Not as compelling as other novels in this genre. I was not as engaged as I should have been primarily due to the characters' authenticity. This felt more like a nonfiction read which is a testament to the author's skill.

Jul 18, 2013
  • JCLEmilyW rated this: 5 stars out of 5.

Such a memorable story, with just the right elements of suspense, dark humor, and bravery. It makes a particularly satisfying audiobook, with readings by two excellent British actresses adding to the suspense. Don't read too much about this book beforehand, but just jump right in and enjoy it!

Jul 02, 2013
  • JCLChrisK rated this: 5 stars out of 5.
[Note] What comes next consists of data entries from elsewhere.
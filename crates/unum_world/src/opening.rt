//! How a world begins.
use continuation_gen::Compiled;
use fn_table::Table;
use unum_json::{Fields, Items, Json};
use world_plans::Plan;

/// A session: the number of its machine, and its input.
#[derive(Drop)]
pub struct Session {
    /// The number of its machine, in the order of names.
    pub machine: u32,
    /// What its first instance is entered with.
    pub input: Json,
}

/// How a world begins: the machines by rising names, the functions, the sessions, and the plan of mishaps.
#[derive(Drop)]
pub struct Opening {
    /// The machines with their flat forms.
    pub machines: Fields<Compiled>,
    /// The functions by their resources.
    pub table: Table,
    /// The sessions, numbered in this order.
    pub sessions: Items<Session>,
    /// The plan of mishaps.
    pub plan: Plan,
}
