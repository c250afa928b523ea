//! That all attempts crash.
ghost use Rattle.std.specs.Prelude.{◌≡◌, ◌≤◌, ◌<◌, ◌+◌, ◌-◌, length, take, slice_get, IfOk, IfErr, OnErr, MatchResult};
ghost use Rattle.unum_world.specs.AllCrash.{living, after_crashes};
ghost use Rattle.unum_world.specs.Sound.{IsSound};
ghost use Rattle.unum_world.specs.Traces.{IsRun};

use crate::refusal::{ApplyError, Full};
use crate::world::World;
use world_types::Event;

impl World {
    /// Crashes each attempt that lives, by rising number, and answers how many. `Full` comes exactly where the history has no
    /// room for so many: then the first of them have crashed, and it is full. It takes no memory.
    pub fn crash_all(&mut self) -> Result<u32, Full>
        ensures all { IfOk result (λ n. (n ≡ length (living self.old)) × (self.new ≡ after_crashes self.old (living self.old))) }
        ensures full { IfErr result (λ f. (f.len ≡ self.old.limit) × (length self.new.history ≡ self.old.limit)) }
        ensures first { OnErr result (self.new ≡ after_crashes self.old (take (self.old.limit - length self.old.history) (living self.old))) }
        ensures room { MatchResult result (λ _. length self.old.history + length (living self.old) ≤ self.old.limit) (λ _. self.old.limit < length self.old.history + length (living self.old)) }
        ensures sound { IsSound self.new }
    {
        let before = self.length();
        while let Some(attempt) = self.first_living() {
            match self.apply(Event::Crash(attempt)) {
                Ok(()) => (),
                Err(ApplyError::Spent { len }) => return Err(Full { len }),
                Err(ApplyError::NotEnabled { event: _ }) => unreachable!(),
                Err(ApplyError::NoMemory) => unreachable!(),
            }
        }
        self.is_sound();
        Ok((self.length() - before) as u32)
    }

    /// The first attempt that lives.
    fn first_living(&self) -> Option<u32>
        ensures first { result ≡ slice_get (living self.now) 0 }
        ensures happened { IsRun self.now }
        ensures within { length self.now.history ≤ self.now.limit }
        ensures limit { self.now.limit ≤ 10000000 }
    {
        self.state.hub.queue.live_at(0)
    }
}
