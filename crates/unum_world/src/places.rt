//! Attempts and their invocations.
ghost use Rattle.std.specs.Prelude.{◌≡◌};
ghost use Rattle.unum_world.specs.Instances.{HasMessage, IsMessageOf};

use invoke_queue::Queue;
use world_types::Invocation;

/// The invocation of an attempt: its number, and the message once more.
pub fn message_of(queue: &Queue, attempt: u32) -> (u32, Invocation<u32>)
    requires { HasMessage queue.now attempt }
    ensures { IsMessageOf queue.now attempt result.0 result.1 }
{
    let Some(t) = queue.attempt(attempt) else {
        unreachable!();
    };
    let inv = t.inv;
    let Some(i) = queue.invocation(inv) else {
        unreachable!();
    };
    let message = Invocation {
        name: i.name,
        site: i.site,
    };
    (inv, message)
}

/// The session of a message.
pub fn session_of(message: &Invocation<u32>) -> u32
    ensures { result ≡ message.now.name.place.session }
{
    message.name.place.session
}
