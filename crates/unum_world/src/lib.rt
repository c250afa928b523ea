//! Worlds: sessions of whole machines that run over a store, a queue and bitmaps, with every mishap.
#![tactic(auto)]

mod answers;
mod calls;
mod chooser;
mod crash_all;
mod engine;
mod events;
mod first_state;
mod flat;
mod mishaps;
mod opening;
mod places;
mod planned;
mod prepared;
mod refusal;
mod session;
mod settled;
mod status;
mod steps;
mod turns;
mod twins;
mod world;
mod world_state;

pub use engine::{Start, logs_have_one_trace};
pub use opening::{Opening, Session};
pub use planned::Planned;
pub use refusal::{ApplyError, Full};
pub use session::SessionState;
pub use settled::Settled;
pub use world::World;
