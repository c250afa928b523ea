//! Why an event did not happen.
use world_types::Event;

/// Why an event did not happen. Nothing changed.
#[derive(Clone, Copy, Debug, PartialEq, Eq)]
pub enum ApplyError {
    /// The event is not enabled.
    NotEnabled {
        /// The event.
        event: Event,
    },
    /// The event is enabled, and the history is full.
    Spent {
        /// How many events the history has.
        len: u64,
    },
    /// Memory was wanted and not found.
    NoMemory,
}

/// The history is full, and some attempt lives.
#[derive(Clone, Copy, Debug, PartialEq, Eq)]
pub struct Full {
    /// How many events the history has.
    pub len: u64,
}
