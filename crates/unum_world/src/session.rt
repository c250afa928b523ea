//! How a session stands.
use unum_json::Outcome;

/// How a session stands.
#[derive(Clone, Copy)]
pub enum SessionState<'a> {
    /// Its own outcome is there: this one.
    Ended(&'a Outcome),
    /// It has not ended, each of its invocations is acknowledged or given up, and none of its attempts lives.
    Abandoned,
    /// Neither.
    Open,
}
This is one of those books that is hard for me to review because I'm afraid anything I say won't do it justice. Intriguing, engaging, moving, informing, entertaining, and more. Wein has crafted an outstanding tale. Let me see if I can maybe list some of its elements: --- Two strongly realized, distinct, complex, believable, sympathetic protagonists, each of whom narrates part of the tale in her own unique voice. --- A plot that weaves together and bounces around between different perspectives, places, and dates, and that only gradually reveals information through a telling that absolutely makes sense and requires it. To quote quotes from a couple of places in the book: As it turned out, he said it was an "interesting overview of the situation in Britain over the long term" and a "curious individual perspective"; and "Fraulein Engel, you are not a student of literature," he said. "The English flight officer has studied the craft of the novel. She is making use of suspense and foreshadowing." It is most definitely a suspenseful novel. --- It does indeed provide an "interesting overview of the situation" for the British during the second World War as seen through the eyes of two "curious individual perspectives." They are two unlikely women who travel to France, one as a pilot and the other as a resistance operative (undercover spy), on a mission. The operative is captured, however, and this story begins as her written confession she hopes will prevent more torture. To help her accurately remember all the facts that her interrogators are after, she goes back in time and tells the story of how she ended up where she is in narrative form--along with frequent comments about her present circumstances. It's an engrossing tale. Told by a professional teller of tales (undercover spy). To learn where it goes after its start, you'll have to read for yourself. --- It seems I've gotten away from listing elements and moved into telling my own tales about this book, but this making-it-up-as-I-go approach seems to have led to a bit of a review. I hope it also works as persuasion to read the book, because I'm sure you'll enjoy yourself if you do.